Have you ever been to CBS? It's a big place when you raise 1000 young birds you should have luck with a few, In 2012 I bought a kit of his Kannibaal birds and yes I train hard, lost them all before the first race. Hope you have better luck with his culls than I did.
Dave


----------



## EricV (Mar 15, 2016)

Crazy Pete said:


> Have you ever been to CBS? It's a big place when you raise 1000 young birds you should have luck with a few, In 2012 I bought a kit of his Kannibaal birds and yes I train hard, lost them all before the first race. Hope you have better luck with his culls than I did.
> Dave


you have a good point there. It makes me want to return the bird. If I could I would. I might try


----------



## rpalmer (Mar 10, 2011)

EricV said:


> you have a good point there. It makes me want to return the bird. If I could I would. I might try


I an not clear on this thread. Do you want to know if the blood is good? YES Do you train the same way Crazy Pete does and feel doomed to failure? Some how I took away that you purchased a breeder. What will you cross it with?


----------



## EricV (Mar 15, 2016)

rpalmer said:


> I an not clear on this thread. Do you want to know if the blood is good? YES Do you train the same way Crazy Pete does and feel doomed to failure? Some how I took away that you purchased a breeder. What will you cross it with?

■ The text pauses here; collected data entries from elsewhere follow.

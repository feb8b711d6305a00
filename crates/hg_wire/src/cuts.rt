//! Where lines of a text end.

ghost use Rattle.std.specs.Prelude.{◌≤◌, length};
ghost use Rattle.hg_wire.specs.Streams.{EndLastLine};

use memchr::memrchr;

/// The number of bytes up to and including the last line feed, 0 where there is none.
pub fn last_line_end(text: &[u8]) -> usize
    ensures line { EndLastLine text.now result }
    ensures within { result ≤ length text.now }
{
    match memrchr(b'\n', text) {
        Some(at) => at + 1,
        None => 0,
    }
}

Just to clarify things, I reside in Minnesota and I've been in and out of the pigeon sports for a while now. And this year I've decided that I will devote more time and effort into my birds. as of now i am not in a club nor do I fly my bird competitively. As you can see from the thread I did just purchase a keizer hen from cbs. I wanted to know if anyone here as been successful with the blood and if they're currently are still dominating? I don't train the same way crazy pete does nor do I follow a strict regiment. I'm just flying for fun as of now. My plans are to lined breed her with my keizer cock (they're second cousins as well) and hopefully enter their babies into some local races. My plans are to build a family with these keizer blood.


----------



## Crazy Pete (Nov 13, 2008)

As raftree3 says he is putting his in an OLR if you got her for a fair price, and CBS is nothing like Ganus you should give her a try. If you have a club close by give the first round to some one that has a good loft position and see how they do.
Dave


----------



## EricV (Mar 15, 2016)

Crazy Pete said:


> As raftree3 says he is putting his in an OLR if you got her for a fair price, and CBS is nothing like Ganus you should give her a try. If you have a club close by give the first round to some one that has a good loft position and see how they do.
> Dave


What's do you by cbs is nothing like ganus? Is that something bad?


----------



## Crazy Pete (Nov 13, 2008)

CBS sells birds for a fair price, You didn't pay over $200 for the CBS bird and that would have been $750 for a Ganus bird.
Dave


----------



## raftree3 (Oct 16, 2010)

I raised a baby from my Keizer cock and trained it but never raced it as a YB. Every time I thought about sending it, I just didn't think it was ready. The next year I sent it to a 100 mile race and it did fair. The races got longer and it kept getting overlooked. I sent it on a 500 mile race by accident (second race of its life) flew 1400 YPM...top 10%. Put it with my stock birds...didn't race it again.....so I think Keizer's are pretty good birds...wouldn't mind having some more!


----------



## EricV (Mar 15, 2016)

raftree3 said:


> I raised a baby from my Keizer cock and trained it but never raced it as a YB. Every time I thought about sending it, I just didn't think it was ready. The next year I sent it to a 100 mile race and it did fair. The races got longer and it kept getting overlooked. I sent it on a 500 mile race by accident (second race of its life) flew 1400 YPM...top 10%. Put it with my stock birds...didn't race it again.....so I think Keizer's are pretty good birds...wouldn't mind having some more!


That's awesome to hear


----------



## rogerven (Aug 22, 2015)

I stopped having racing pigeon in 1986 and also came back for fun. The question I asked and was told by a seasoned breeder / flyer is the accuracy of a PEDIGREE specially if the bird was not bred in a PEN.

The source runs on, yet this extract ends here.